Aquellos manuales del difunto me provocaron una fascinación que acabó alterando la manera en que ahora veía a la gente de aquel pueblo. Su lectura me hizo dar cuenta de mi soledad, de lo engreído y equivocado que había estado todo este tiempo al creer que la mentalidad de aquellos hombres era simple y dócil. Sentí la necesidad de volver a la tumba de aquel hombre ahora conocía un poco más y regresé al cementerio esa misma madrugada.
 Hice el mismo camino que había recorrido con el cortejo fúnebre cuatro días atrás y entré al cementerio justo cuando comenzaban a despuntar los primeros rayos del día. Me preguntaba ahora que estaba entrando qué respondería si el sereno del cementerio me preguntaba a qué había venido. Por suerte no había nadie en la entrada y la puerta de rejas negras estaba abierta. Avancé entre las cruces y a pocos metros de llegar vi que había alguien arrodillado sobre la tierra todavía fresca de la tumba que yo venía a ver. Me asusté y noté como el corazón me comenzaba a latir cada vez más fuerte. Decidí agacharme y esconderme hasta que me calme y sepa qué demonios hacer. Qué tal si era uno de sus amigos, qué hacía yo -un extranjero, un intruso-  en aquel cementerio donde parecían estar los muertos de aquel pueblo. Me giré para ver si lograba ver quién era e inmediatamente la reconocí. Era la viuda y no parecía estar llorando, más bien parecía una estatua desgarbada. El cielo naranja de la mañana se llenaba cada vez más de luz. Entonces vi que la mujer abrió su cartera y saco un arma. El corazón comenzó a latirme nuevamente pero esta vez reaccioné parándome y corriendo hacia ella.

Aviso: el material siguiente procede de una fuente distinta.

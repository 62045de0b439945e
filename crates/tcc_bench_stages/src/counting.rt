//! Counts records by csv alone.
ghost use Rattle.std.specs.Prelude.{◌≡◌, ◌<◌, ℕ, List, Some, IfOk, length};
ghost use Rattle.csv.specs.Reading.{AreRecords, default_config, strip_bom};
ghost use Rattle.csv.specs.declared.parser.State.TheVariants as st;

use csv::{ByteRecord, Error, ReaderBuilder};
use std::alloc::Global;
use std::io::Read;

/// The number of records that `source` gives; `u64::MAX` also means more.
pub fn count_records<R: Read + Drop>(alloc: Global, source: R) -> Result<u64, Error>
    ensures counts { IfOk result (λ n. (text : List ℕ) → R.remaining source ≡ Some text → n < 18446744073709551615
        → (rows : List (List (List ℕ))) × AreRecords default_config st.StartRecord (strip_bom text) rows × (length rows ≡ n)) }
{
    let mut rows = ReaderBuilder::new()
        .has_headers(false)
        .flexible(true)
        .from_reader(alloc, source);
    let mut row = ByteRecord::new(alloc);
    for count in 0..u64::MAX {
        if !rows.read_byte_record(&mut row)? {
            return Ok(count);
        }
    }
    Ok(u64::MAX)
}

¡Noo! Llegué gritando antes de abalanzarme encima de la mujer.
Asustada, soltó el arma y rompió en llanto. Nos abrazamos y la apreté fuerte contra mí sintiendo como temblaba muerta de frio y miedo.
Luego alzó el rostro por encima de mi cuello y me clavó esa mirada confusa y desesperada que ya le conocía.  
-¿Usted? Pero… ¿qué está haciendo usted aquí?